Exercise 01:

In [None]:
from sklearn.datasets import load_digits
import numpy as np
import matplotlib.pyplot as plt
from sklearn import model_selection

digits = load_digits()
data = digits["data"]
images = digits["images"]
target = digits["target"]
target_names = digits["target_names"]

print(np.shape(images[0]))
#The images are of size 8x8

#Interpolate using nearest neighbor
img_nearest = images[3]
assert 2 == len (img_nearest.shape)
plt.figure()
plt.gray()
plt.imshow(img_nearest,interpolation = "nearest" ) # also try interpolation =" bicubic "
plt.show()

#Interpolate using bicubic
img_bicubic = images[3]
assert 2 == len (img_bicubic.shape)
plt.figure()
plt.gray()
plt.imshow(img_bicubic,interpolation = "bicubic" ) # also try interpolation =" bicubic "
plt.show()

x_3and9 = []
y_3and9 = []
image_3and9 = []
for i in range(len(data)):
    if target[i] == 3 or target[i] == 9:
        x_3and9.append(data[i])
        y_3and9.append(target[i]) 
        image_3and9.append(images[i])

X_train, X_test, y_train, y_test =\
    model_selection.train_test_split(x_3and9, y_3and9, test_size = 0.4, random_state = 0)


Exercise 02

In [None]:
# Exercise 2.1

# Calculate average images for digits 3 and 9
avg_digit_3 = np.mean(data[target == 3], axis=0).reshape(8, 8)
avg_digit_9 = np.mean(data[target == 9], axis=0).reshape(8, 8)
difference = avg_digit_3 - avg_digit_9

# Visualize the average images and their differences
plt.figure(figsize=(10, 4))
plt.subplot(1, 3, 1)
plt.imshow(avg_digit_3, cmap='gray', interpolation='none')
plt.title('Average 3')
plt.colorbar()
plt.subplot(1, 3, 2)
plt.imshow(avg_digit_9, cmap='gray', interpolation='none')
plt.title('Average 9')
plt.colorbar()
plt.subplot(1, 3, 3)
plt.imshow(difference, cmap='gray', interpolation='none')
plt.title('Difference (3-9)')
plt.colorbar()
plt.show()

# Identify the indices of the two pixels with the largest absolute differences
indices = np.unravel_index(np.argsort(-np.abs(difference).ravel())[:2], difference.shape)
pixel_1, pixel_2 = indices

# Print pixel coordinates in the (row, column) format
print(f"Selected Pixel 1: Row {pixel_1[0]}, Column {pixel_1[1]} (0-indexed)")
print(f"Selected Pixel 2: Row {pixel_2[0]}, Column {pixel_2[1]} (0-indexed)")

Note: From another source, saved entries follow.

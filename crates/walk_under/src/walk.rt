//! The walk over pairs under tests.
ghost use Rattle.std.specs.Prelude.{◌≡◌, ◌<◌, ◌+◌, ◌^◌, ◌∷◌, [], ℕ, List, map, length, slice_get, All, Some, MatchOption, IfOk, IfSome, IsSome, OnOk, IsTrue};
ghost use Rattle.kat_model.specs.Trees.{Term};
ghost use Rattle.kat_model.specs.Members.{Has};
ghost use Rattle.kat_model.specs.Problems.{ProblemParts};
ghost use Rattle.kat_model.specs.Degrees.{with_hyps, AreSplit};
ghost use Rattle.certificate.specs.Decisions.{IsShortest};
ghost use Rattle.term_nodes.specs.NodeLists.{NodeParts};
ghost use Rattle.term_nodes.specs.NodeTrees.{tree_at};
ghost use Rattle.term_nodes.specs.Growth.{Grows};
ghost use Rattle.partial_derivs.specs.Moves.{IsTermOf};
ghost use Rattle.partial_derivs.specs.Tables.{AreRight};
ghost use Rattle.test_diagrams.specs.Functions.{value_of, IsDiagramId, IsAtomOf, KeepsFunctions};
ghost use Rattle.walk_regions.specs.Entries.{EntryParts};
ghost use Rattle.walk_regions.specs.Listings.{IsLevelAtom, IsPlaceWith};
ghost use Rattle.walk_under.specs.Working.IdEntries.{IsNextPart};
ghost use Rattle.walk_regions.specs.Merging.{AreMergedIds};
ghost use Rattle.walk_under.specs.Working.Walking.{WalkContext, walk_context, first_ids, new_ids, AreClosedIds, IsUnderWay, IsAtSource, IsOpenAt, IsVisited, AreNextItems, IsTaking, IsTakenPair, HasStepped, IsDifference, Distinguish, AcceptAlike, IsRunEnd};
ghost use Rattle.walk_under.specs.declared.walk.RunEnd.TheVariants.{Full};

use kat_model::{Items, NoMemory, append};
use partial_derivs::Derivatives;
use std::alloc::Global;
use std::mem;
use string_tables::{GString, Move};
use term_store::{Store, TermId};
use test_diagrams::{DiagramId, Diagrams};
use walk_pairs::{
    BothSteps, ClosedIds, Item, StoredPair, actions_in_order, difference, differing_atom, items_of,
};
use walk_regions::{
    AllowedMoves, Entry, EntryList, Listing, Part, StepOrigin, TargetSets, differing_part,
    listed_atoms, merged_pairs, parts_of, place_with, unlisted_part,
};

/// The state of a walk: the listed pairs, the allowed moves, and the derivatives of terms with their diagrams.
pub(crate) struct TestedWorklist {
    listing: Listing,
    moves: AllowedMoves,
    diagrams: Diagrams,
    derivatives: Derivatives,
}

// Explicit, so that it is proved once and not at each end of each function that owns one.
impl Drop for TestedWorklist {
    fn drop(self) {
        let TestedWorklist {
            listing: _listing,
            moves: _moves,
            diagrams: _diagrams,
            derivatives: _derivatives,
        } = self;
    }
}

/// A step by the action `act` from the atoms `test` of the listed pair at `place`, to which `level` moves lead.
#[derive(Clone, Copy)]
pub(crate) struct StepSource {
    pub place: usize,
    pub level: usize,
    pub test: DiagramId,
    pub act: usize,
}

/// The listed pair that is processed: its place, the number of moves that lead to it, and the atoms at which that
/// number of moves reached its sets.
#[derive(Clone, Copy)]
pub(crate) struct TakenPair {
    pub place: usize,
    pub level: usize,
    pub test: DiagramId,
}

/// An atom at which exactly one set of a pair accepts, and the diagram of such atoms.
#[derive(Drop)]
pub(crate) struct Distinction {
    pub atom: Vec<bool>,
    pub region: DiagramId,
}

/// The listed pair at `place` whose sets do not accept alike: an atom at which exactly one of them accepts, and the
/// diagram of such atoms.
#[derive(Drop)]
pub(crate) struct FoundDifference {
    pub place: usize,
    pub atom: Vec<bool>,
    pub region: DiagramId,
}

/// How a run of a walk ends.
#[derive(Drop)]
pub(crate) enum RunEnd {
    /// The pairs are a bisimulation under tests.
    Ended,
    /// The sets of a pair do not accept alike.
    Found(FoundDifference),
    /// The walk has more pairs than it may have.
    Full,
}

/// The string of the steps that lead to a pair, and for each step the atoms from which it leads to its pair, those of
/// the last step first.
pub(crate) struct FoundString {
    pub string: GString,
    pub regions: Vec<DiagramId>,
}

// Explicit, so that it is proved once and not at each end of each function that owns one.
impl Drop for FoundString {
    fn drop(self) {
        let FoundString {
            string: _string,
            regions: _regions,
        } = self;
    }
}

impl FoundString {
    /// Returns the string.
    pub(crate) fn into_string(self) -> GString
        ensures { result ≡ self.string }
    {
        let FoundString {
            string,
            regions: _regions,
        } = self;
        string
    }
}

// Whether a walk with this number of pairs has more than it may have.
fn is_full(limit: Option<usize>, count: usize) -> bool
    ensures { IsTrue result → IsSome limit }
{
    match limit {
        Some(most) => count > most,
        None => false,
    }
}

// Returns the pair of the closed sides, at the atoms of `test`.
fn first_entry(alloc: Global, sides: &ClosedIds, test: DiagramId) -> Result<Entry, NoMemory>
    ensures { IfOk result (λ e. e ≡ first_ids sides.now test) }
{
    let left = vec![in alloc; sides.left]?;
    let right = vec![in alloc; sides.right]?;
    Ok(Entry {
        left: Items::of(left),
        right: Items::of(right),
        test,
        level: 0,
        origin: None,
    })
}

// Returns a list of only the pair of the closed sides, at the atoms of `test`.
fn first_list(alloc: Global, sides: &ClosedIds, test: DiagramId) -> Result<EntryList, NoMemory>
    ensures { IfOk result (λ l. l.items ≡ first_ids sides.now test ∷ []) }
{
    let entry = first_entry(alloc, sides, test)?;
    let mut entries = EntryList::new(alloc);
    entries.push(alloc, entry)?;
    Ok(entries)
}

// Returns the pair of the part, at the atoms of `test`.
fn entry_of(
    alloc: Global,
    source: &StepSource,
    part: &Part,
    test: DiagramId,
) -> Result<Entry, NoMemory>
    requires { source.now.level + 1 < 2 ^ 64 }
    ensures { IfOk result (λ e. e ≡ new_ids source.now part.now test) }
{
    let origin = StepOrigin {
        place: source.place,
        act: source.act,
        region: part.region,
    };
    let left = Vec::from_slice(alloc, &part.left)?;
    let right = Vec::from_slice(alloc, &part.right)?;
    Ok(Entry {
        left: Items::of(left),
        right: Items::of(right),
        test,
        level: source.level + 1,
        origin: Some(origin),
    })
}

// Returns an atom of `test` at which exactly one of the two steps accepts, if there is one.
fn distinction_at(
    alloc: Global,
    diagrams: &mut Diagrams,
    test: DiagramId,
    steps: &BothSteps,
) -> Result<Option<Distinction>, NoMemory>
    requires test { IsDiagramId diagrams.old test }
    requires left { IsDiagramId diagrams.old steps.now.left.accepts }
    requires right { IsDiagramId diagrams.old steps.now.right.accepts }
    ensures found { IfOk result (λ found. MatchOption found (AcceptAlike diagrams.old test steps.now) (λ f. Distinguish diagrams.old test steps.now f.atom.items)) }
    ensures region { IfOk result (λ found. IfSome found (λ f. IsDiagramId diagrams.new f.region)) }
    ensures kept { OnOk result (KeepsFunctions diagrams.old diagrams.new) }
{
    let left = diagrams.and(test, steps.left.accepts)?;
    let right = diagrams.and(test, steps.right.accepts)?;
    if left == right {
        return Ok(None);
    }
    let atom = differing_atom(alloc, diagrams, left, right)?;
    let region = difference(diagrams, steps.left.accepts, steps.right.accepts)?;
    Ok(Some(Distinction { atom, region }))
}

# Function to extract 2D features from the dataset
def features2d(x):
    """ Extract two features based on predefined pixel indices. """
    f1 = x[:, pixel_1[0] * 8 + pixel_1[1]]  # Convert 2D index to 1D index for Feature 1
    f2 = x[:, pixel_2[0] * 8 + pixel_2[1]]  # Convert 2D index to 1D index for Feature 2
    return np.column_stack((f1, f2))

# Extract 2D features for the training data
X_train_2d = features2d(np.array(X_train))

In [None]:
#Exercise 2.2

# Convert training labels to a NumPy array for easier indexing
y_train_array = np.array(y_train)

# Set up the figure for scatter plot
plt.figure(figsize=(12, 8))

# Pre-select data for each class to avoid repetitive indexing
class_3_data = X_train_2d[y_train_array == 3]
class_9_data = X_train_2d[y_train_array == 9]

# Scatter plot for class '3'
plt.scatter(class_3_data[:, 0], class_3_data[:, 1], 
            color='darkred', marker='o', edgecolor='black', s=60, alpha=0.8, label='Digit 3')

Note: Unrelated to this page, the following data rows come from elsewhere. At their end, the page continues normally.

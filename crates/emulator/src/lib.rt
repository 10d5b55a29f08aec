// The emulator: a screen that shows what the bytes sent to a terminal of ECMA-48 mean.
#![tactic(auto)]

ghost use Rattle.std.specs.Prelude.{◌≡◌, Some};
ghost use Rattle.reader.specs.declared.states.Action.TheVariants.{Show, Right, To};
ghost use Rattle.emulator.specs.Screens.{read_byte, read_bytes, acts, does, with_state, CursorOnGrid, CompletesNothing, moved_to, right_by};
ghost use Rattle.emulator.specs.Emulators.{screen_of, first_screen, Kept};

use cells::kinds::{Made, TerminalCell};
use grids::grids::Grid;
use places::{Size, Spot};
use reader::states::{Action, State, Step};
use reader::steps::{ESC, begin_character, begin_sequence, continue_character, continue_sequence};
use terminal::spots::{moved_on, on_grid};
use text_cells::TextCell;

// A reader of bytes on a grid of the caller's.
#[derive(Drop)]
pub struct Emulator<'a> {
    pub grid: Grid<'a, TextCell>,
    // where the next character goes, none if that is unknown
    pub cursor: Option<Spot>,
    // the attributes of the characters to come
    pub pen: u8,
    pub state: State,
}

// The spot of a row and a column, the numbers of a sequence, counted from 1; at the edge if they lie past it, none on an empty grid.
fn spot_of(size: Size, row: u16, column: u16) -> Option<Spot>
    ensures { result ≡ moved_to size.rows size.columns row column }
{
    if size.rows == 0 || size.columns == 0 {
        return None;
    }
    Some(Spot {
        row: usize::from(row.saturating_sub(1)).min(size.rows - 1),
        column: usize::from(column.saturating_sub(1)).min(size.columns - 1),
    })
}

// The spot that many columns to the right, at most in the last column.
fn spot_right(columns: usize, spot: Spot, count: u16) -> Spot
    ensures { Some result ≡ right_by columns (Some spot) count }
{
    let last = columns.saturating_sub(1);
    Spot {
        column: spot.column.saturating_add(usize::from(count)).min(last),
        ..spot
    }
}

// What each change keeps of the grid's memory (`Kept`) relates the grid before and after, so it is said of each and is no field's invariant.
impl<'a> Emulator<'a> {
    // An emulator on a grid as it is found, with an unknown cursor and no attributes.
    pub fn new(cells: &'a mut [TextCell], size: Size) -> Emulator<'a>
        ensures cells { result.grid.cells.now ≡ cells.old }
        ensures size { result.grid.size ≡ size }
        ensures screen { screen_of result ≡ first_screen cells.old size }
    {
        Emulator {
            grid: Grid { cells, size },
            cursor: None,
            pen: 0,
            state: State::Plain,
        }
    }

    // Its rows and columns, none on memory that does not fit them.
    pub fn size(&self) -> Size
        ensures rows { result.rows ≡ (screen_of self.now).rows }
        ensures columns { result.columns ≡ (screen_of self.now).columns }
    {
        self.grid.size.over(self.grid.cells.len())
    }

    // Where the next character goes, none if that is unknown.
    pub fn cursor(&self) -> Option<Spot>
        ensures { result ≡ (screen_of self.now).cursor }
    {
        on_grid(self.size(), self.cursor)
    }

    // Shows a character with the pen's attributes. It is dropped if it has no width or passes the last column, and while the cursor is unknown.
    #[inline(always)] // as `take`
    fn show(&mut self, character: u32)
        ensures screen { screen_of self.new ≡ acts (screen_of self.old) (Show character) }
        ensures kept { Kept self.old.grid self.new.grid }
    {
        let size = self.size();
        let Some(spot) = on_grid(size, self.cursor) else {
            return;
        };
        let (put, count) = match TextCell::make(character, self.pen) {
            Made::Single(cell) => (self.grid.put(spot, cell), 1),
            Made::Pair(left, right) => (self.grid.put_pair(spot, left, right), 2),
            Made::Nothing | Made::Singles(_, _) => return,
        };
        if put.is_ok() {
            self.cursor = moved_on(size.columns, spot, count);
        }
    }

    // Does what a byte completed.
    #[inline(always)] // as `take`
    fn act(&mut self, action: Action)
        ensures screen { screen_of self.new ≡ acts (screen_of self.old) action }
        ensures kept { Kept self.old.grid self.new.grid }
    {
        match action {
            Action::Show(character) => self.show(character),
            Action::Right(count) => {
                let columns = self.size().columns;
                self.cursor = self.cursor().map(|spot| spot_right(columns, spot, count));
            }
            Action::To(row, column) => self.cursor = spot_of(self.size(), row, column),
            Action::SetPen(attributes) => self.pen = attributes,
        }
    }

    // Stands where a byte led to, and does what it completed, if anything.
    #[inline(always)] // the answer of each arm of `read` is taken where it is made, and does not go through memory
    fn take(&mut self, step: Step)
        ensures screen { screen_of self.new ≡ does (with_state step.0 (screen_of self.old)) step.1 }
        ensures kept { Kept self.old.grid self.new.grid }
    {
        let (state, action) = step;
        self.state = state;
        if let Some(action) = action {
            self.act(action);
        }
    }

    // Reads a byte: every byte is taken, in every state.
    pub fn read(&mut self, byte: u8)
        ensures screen { screen_of self.new ≡ read_byte (screen_of self.old) byte }
        ensures kept { Kept self.old.grid self.new.grid }
    {
        match (self.state, byte) {
            (State::Plain, ESC) => self.take(begin_sequence()),
            (State::Plain, _) => self.take(begin_character(byte)),
            (State::InSequence(sequence), _) => self.take(continue_sequence(sequence, byte)),
            (State::InCharacter(gathered), _) => self.take(continue_character(gathered, byte)),
        }
    }

    // Reads bytes one after another.
    pub fn read_all(&mut self, bytes: &[u8])
        ensures screen { screen_of self.new ≡ read_bytes (screen_of self.old) bytes.now }
        ensures kept { Kept self.old.grid self.new.grid }
        ensures cursor { CursorOnGrid (screen_of self.new) }
        ensures garbage { CompletesNothing self.old.state bytes.now → screen_of self.new ≡ with_state self.new.state (screen_of self.old) }
    {
        for byte in bytes {
            self.read(*byte);
        }
    }
}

# Scatter plot for class '9'
plt.scatter(class_9_data[:, 0], class_9_data[:, 1], 
            color='navy', marker='^', edgecolor='white', s=60, alpha=0.8, label='Digit 9')

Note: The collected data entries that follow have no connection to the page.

// The two digits of a reference code.
ghost use Rattle.std.specs.Prelude.{◌≡◌, true};
ghost use Rattle.reference.specs.Offsets.{offset_digit};

// M cells east and N cells north, each as a digit: 0 to 7 stand for themselves, A to G (10 to 16) for 1 to 7 back.
#[derive(Clone, Copy)]
pub struct Offset {
    pub m: u32,
    pub n: u32,
    pub ghost digits: { (offset_digit m ≡ true) × (offset_digit n ≡ true) },
}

# Dynamic axis labels based on pixel indices
plt.xlabel(f'Feature 1 (Pixel at ({pixel_1[0]}, {pixel_1[1]}))', fontsize=14)
plt.ylabel(f'Feature 2 (Pixel at ({pixel_2[0]}, {pixel_2[1]}))', fontsize=14)

# Set a descriptive title for the plot
plt.title('Feature Space for Digits 3 and 9', fontsize=16)

# Add a legend to help identify the classes
plt.legend(title='Classes', title_fontsize='13', fontsize='12', loc='upper right')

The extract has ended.